Suzanne Solvyns announced that CJDISA has unveiled its new website, cjdisa.com.
CJD Foundation has issued two key requests for elected officials: continued funding for the National Prion Disease Pathology Surveillance Center at its current level, and increased oversight regarding the adequacy of USDA’s testing program for BSE. Dr. Jiri Safar spoke about the NPDPSC’s current activities and funding needs. Congress has given a $5.85 million annual appropriation to CDC for prion disease, about half of which goes to NPDPSC.
Nikki Hurt, a legislative aide on Capitol Hill, gave an advocacy training on how to talk to your elected representative about CJD. You’ll have about 30 minutes to meet with a congressional staffer focused on health policy. The most important thing to convey is your personal story, as this is what they’ll remember best later on. A typical elected representative will have about 3 staffers focused on health, and will accept all meeting requests from constituents, totaling about three meetings per day for each staffer. After you meet, include your talking points in a follow-up email so they have an electronic copy of it. It is recommended to take selfies in front of your senator or congressperson’s office door and share it on social media.

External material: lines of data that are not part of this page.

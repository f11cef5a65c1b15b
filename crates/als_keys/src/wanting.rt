ghost use Rattle.std.specs.Prelude.{◌≡◌, ◌≤◌, Some, IfOk, length};
ghost use Rattle.json.specs.Json.{document};
ghost use Rattle.json.specs.Strict.{HasUniqueKeys};
ghost use Rattle.json.specs.Value.{value_view, items_view};
ghost use Rattle.als_keys.specs.Wanting.{natural_in, key_from, key_in, each_key, keys_in, IsKeys};

use crate::numbers::number;
use als_record::Key;
use json::{Error, Scratch, Value};
use std::alloc::{AllocFailed, Global};

/// The most keys of one read: as many as one transaction may set.
const MOST: usize = 600;

/// Why no keys are read from a text.
#[derive(Clone, Copy, Debug, PartialEq, Eq)]
pub enum Unasked {
    /// An allocation failed.
    Memory,
    /// It names none, or too many.
    NoKeys,
}

impl<T: Drop> From<AllocFailed<T>> for Unasked {
    fn from(_refused: AllocFailed<T>) -> Unasked {
        Unasked::Memory
    }
}

impl From<Error> for Unasked {
    fn from(error: Error) -> Unasked {
        match error {
            Error::OutOfMemory => Unasked::Memory,
            Error::DuplicateKey | Error::Invalid | Error::TooLong => Unasked::NoKeys,
        }
    }
}

/// Reads the keys that a text names, in their order.
pub fn keys_of(alloc: Global, text: &[u8]) -> Result<Vec<Key>, Unasked>
    ensures { IfOk result (λ keys. IsKeys text.now keys.items) }
{
    let mut scratch = Scratch::new(alloc);
    let value = parse(alloc, text, &mut scratch)?;
    let keys = keys_in(alloc, &value)?;
    Ok(keys)
}

/// Parses a text as JSON, in which no object has a name twice.
fn parse<'a>(alloc: Global, text: &'a [u8], scratch: &'a mut Scratch) -> Result<Value<'a>, Unasked>
    ensures found { IfOk result (λ v. document text.now ≡ Some (value_view v)) }
    ensures unique { IfOk result (λ v. HasUniqueKeys (value_view v)) }
{
    let text = match std::str::from_utf8(text) {
        Ok(text) => text,
        Err(_) => return Err(Unasked::NoKeys),
    };
    let value = Value::parse_strict(alloc, text, scratch)?;
    Ok(value)
}

/// Reads the keys of a value.
fn keys_in(alloc: Global, value: &Value<'_>) -> Result<Vec<Key>, Unasked>
    ensures found { IfOk result (λ keys. keys_in (value_view value.now) ≡ Some keys.items) }
    ensures few { IfOk result (λ keys. length keys.items ≤ 600) }
{
    let Value::Object(members) = value else {
        return Err(Unasked::NoKeys);
    };
    if members.len() != 1 {
        return Err(Unasked::NoKeys);
    }
    match value.get("keys") {
        Some(Value::Array(items)) if items.len() <= MOST => each_key(alloc, items.as_slice()),
        _ => Err(Unasked::NoKeys),
    }
}

/// Reads each key of a list.
fn each_key(alloc: Global, items: &[Value<'_>]) -> Result<Vec<Key>, Unasked>
    ensures found { IfOk result (λ keys. each_key (items_view items.now) ≡ Some keys.items) }
    ensures few { IfOk result (λ keys. length keys.items ≤ length items.now) }
{
    let mut keys = Vec::new(alloc);
    for item in items {
        match key_in(item) {
            Some(found) => keys.push(found)?,
            None => return Err(Unasked::NoKeys),
        }
    }
    Ok(keys)
}

/// Reads a key from a value: an array of a page and a slot.
fn key_in(value: &Value<'_>) -> Option<Key>
    ensures { result ≡ key_in (value_view value.now) }
{
    if value.at(2).is_some() {
        return None;
    }
    let page = natural_in(value.at(0)?)?;
    let slot = natural_in(value.at(1)?)?;
    key_from(page, slot)
}

/// The key with this page and slot, if they are in range.
fn key_from(page: u64, slot: u64) -> Option<Key>
    ensures { result ≡ key_from page slot }
{
    if page > 4_294_967_295 || slot > 255 {
        return None;
    }
    Some(Key {
        page: page as u32,
        slot: slot as u8,
    })
}

/// Reads a whole number from a value.
fn natural_in(value: &Value<'_>) -> Option<u64>
    ensures { result ≡ natural_in (value_view value.now) }
{
    number(value.as_number()?.as_bytes())
}
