//! Which keys a read names: those of a page, or those of a text in JSON.
//!
//!     {"keys":[[P,S],[P,S],..]}
//!
//! 1. A key is a page and a slot: decimal numbers of 32 and 8 bits. Whether the database has it is for the
//!    reader to say.
//! 2. A text names 600 keys at most, and an empty list is one. No object has a name twice, and there is no
//!    member beside `keys`.
//! 3. The keys stand in the order of the text, and may come twice.
#![tactic(auto)]

// Decimal numbers.
mod numbers;
// The keys of a page.
mod pages;
// The keys that a text names.
mod wanting;

pub use numbers::number;
pub use pages::page_keys;
pub use wanting::{Unasked, keys_of};
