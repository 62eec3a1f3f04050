//! The rules of token drawings, and drawings that follow them.
#![tactic(auto)]

mod drawing;
mod example;

pub use drawing::draw;
pub use example::retire_worn;
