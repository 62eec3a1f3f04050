//! Drawings that follow the rules.
ghost use Rattle.std.specs.Prelude.{◌≡◌, true, false};
ghost use Rattle.process.specs.Meaning.{Blank};
ghost use Rattle.process.specs.Outcomes.{gave};
ghost use Rattle.token_tables.specs.Examination.{examined};
ghost use Rattle.token.specs.Drawn.{drawing_of, drawn, means};
ghost use Rattle.token_rules.specs.Ruled.{Ruled};

use token::TokenDrawing;
use token_tables::{Edge, Node};

// Does nothing: what holds of the drawing of these tables.
fn law(nodes: &[Node], edges: &[Edge], drawing: &TokenDrawing)
    requires { drawing_of drawing.now ≡ drawn nodes.now edges.now }
    ensures ruled { gave (examined nodes.now edges.now) ≡ true → Ruled (record { nodes = nodes.now; edges = edges.now }) (means drawing.now) }
    ensures blank { gave (examined nodes.now edges.now) ≡ false → Blank (means drawing.now) }
{}

/// The drawing of these tables, which follows the rules, or the blank one where they have a fault.
pub fn draw(nodes: &[Node], edges: &[Edge]) -> TokenDrawing
    ensures same { drawing_of result ≡ drawn nodes.now edges.now }
    ensures ruled { gave (examined nodes.now edges.now) ≡ true → Ruled (record { nodes = nodes.now; edges = edges.now }) (means result) }
    ensures blank { gave (examined nodes.now edges.now) ≡ false → Blank (means result) }
{
    let drawing = TokenDrawing::new(nodes, edges);
    law(nodes, edges, &drawing);
    drawing
}
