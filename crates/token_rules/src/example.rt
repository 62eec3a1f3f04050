//! A drawing to learn from.
ghost use Rattle.std.specs.Prelude.{◌≡◌};
ghost use Rattle.token_tables.specs.declared.mode.Mode.TheVariants.{Untimed};
ghost use Rattle.token.specs.Drawn.{drawing_of};
ghost use Rattle.token_rules.specs.Retire.{retire, Stopped};

use token::TokenDrawing;
use token_tables::{Edge, Kind, Mode, Node};

fn untimed(kind: Kind) -> Node
    ensures { result ≡ record { kind = kind; host = 0; mode = Untimed; amount = 0 } }
{
    Node {
        kind,
        host: 0,
        mode: Mode::Untimed,
        amount: 0,
    }
}

fn nodes() -> [Node; 5]
    ensures { result ≡ retire.nodes }
{
    let limit = Node {
        kind: Kind::Stopping,
        host: 1,
        mode: Mode::After,
        amount: 2,
    };
    [
        untimed(Kind::Start),
        untimed(Kind::Task),
        limit,
        untimed(Kind::End),
        untimed(Kind::End),
    ]
}

fn edges() -> [Edge; 3]
    ensures { result ≡ retire.edges }
{
    [
        Edge {
            source: 0,
            target: 1,
        },
        Edge {
            source: 1,
            target: 3,
        },
        Edge {
            source: 2,
            target: 4,
        },
    ]
}

/// A worn cartridge is retired once an operator confirms it, or put back on the shelf after two units.
/// Nodes: 0 the start, 1 the task "confirm the retirement", 2 its time limit, 3 retired, 4 put back on the shelf.
pub fn retire_worn() -> TokenDrawing
    ensures drawing { drawing_of result ≡ retire }
    ensures stopped { Stopped }
{
    let nodes = nodes();
    let edges = edges();
    TokenDrawing::new(&nodes, &edges)
}
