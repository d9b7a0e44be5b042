//! What a broker holds of the updates of one instance.
ghost use Rattle.std.specs.Prelude.{◌≡◌, ◌≤◌, ◌≢◌, ◌↔◌, true, false, None, Some, IsTrue, IsOk, IfOk, IsSome};
ghost use Rattle.osb_instance.specs.Begin.{begun_if, is_held, IsWork as IsWorkOfInstance};
ghost use Rattle.osb_instance.specs.Fits.{fits};
ghost use Rattle.osb_instance.specs.Held.{IsHeldSound};
ghost use Rattle.osb_update.specs.Begun as spec;
ghost use Rattle.osb_update.specs.Begun.{is_available, is_pending, is_running, is_under_way, IsRejected, IsWork};
ghost use Rattle.osb_update.specs.Ended.{before, done, done_status, ended, finished, refused_answer, worked};
ghost use Rattle.osb_update.specs.Reported.{fetched, polled};

use crate::answers::{busy, empty, error, last_operation};
use crate::{
    Allowed, Fetched, NothingPending, NothingUpdating, Settings, Update, UpdateBegun,
    UpdateOutcome, UpdatePhase,
};
use osb_instance::{Begun, Digest, Holding, HoldingPhase, Rejection};
use osb_message::{Answer, ErrorCode, LastState, Mode, Request, ServiceId};

/// What a broker holds of the updates of one instance: the settings, the greatest number of an Update that was judged, 0
/// for none, and how far the latest update has come (this project's choice; the standard leaves to the broker what it
/// keeps).
///
/// Keep it in a column of the instance's row that is null until the first Update is judged, and write it in the
/// transaction that has read the [`Holding`] of the instance. Any parts make a holding.
///
/// *Under way* means that work of an Update is pending or its operation runs. The instance is *available* if its row is
/// [`Ready`](HoldingPhase::Ready) and no work of it is pending.
#[derive(Clone, Copy, Debug, PartialEq, Eq, Hash)]
pub struct UpdateHolding {
    /// The settings: those of the Provision, or of the last update that has succeeded.
    pub settings: Settings,
    /// The greatest number of an Update that was judged, or 0.
    pub number: u64,
    /// How far the latest update has come.
    pub phase: UpdatePhase,
}
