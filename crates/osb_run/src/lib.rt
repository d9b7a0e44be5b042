//! What the lines of a schedule do to a platform and a broker, one after another.
//!
//! A [`Run`] takes the lines that `osb_lines` gives it: its plan lines make a catalogue, and from the first event on
//! there is a [`World`](osb_world::World) with it, in which the events happen. [`Run::cell`] is what there is of an
//! instance then, and [`Run::end`] what all lines have left, in [`Ended`].
//!
//! ```
//! let mut run = Run::new(rt.alloc());
//! let step = run.take_event(Event::Send { id: InstanceId::from_value(1) })?;
//! assert_eq!(rt; step, Step::Skipped);
//! assert_eq!(rt; run.cell(InstanceId::from_value(1)).platform, None);
//! ```
//!
//! All of it is this project's choice.
#![tactic(auto)]

mod run;

pub use run::{Ended, Run};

In the Q&A, Michael Geschwind asked how to handle the situation where your elected representative does not sit on any committee relevant to the issue at hand. Hurt responded that even if someone is not on a committee, they can still weigh in with relevant staff, or when the issue comes up for a vote. Geschwind also said that many staffers inquire as to what additional asks people have, above and beyond the official talking points, and suggested that it may be worth discussing the need for increased research funding. Hurt responded that additional points, such as research funding, can be raised in the follow-up email. One audience member asked why CDC keeps half of the funds appropriated for prion surveillance. Dr. Safar responded that Dr. Ryan Maddox (see above) has described the important surveillance activities that CDC carries out, which complement the efforts of the surveillance center in Cleveland. The two organizations have a close and productive working relationship and the 50/50 split of funds is mutually beneficial.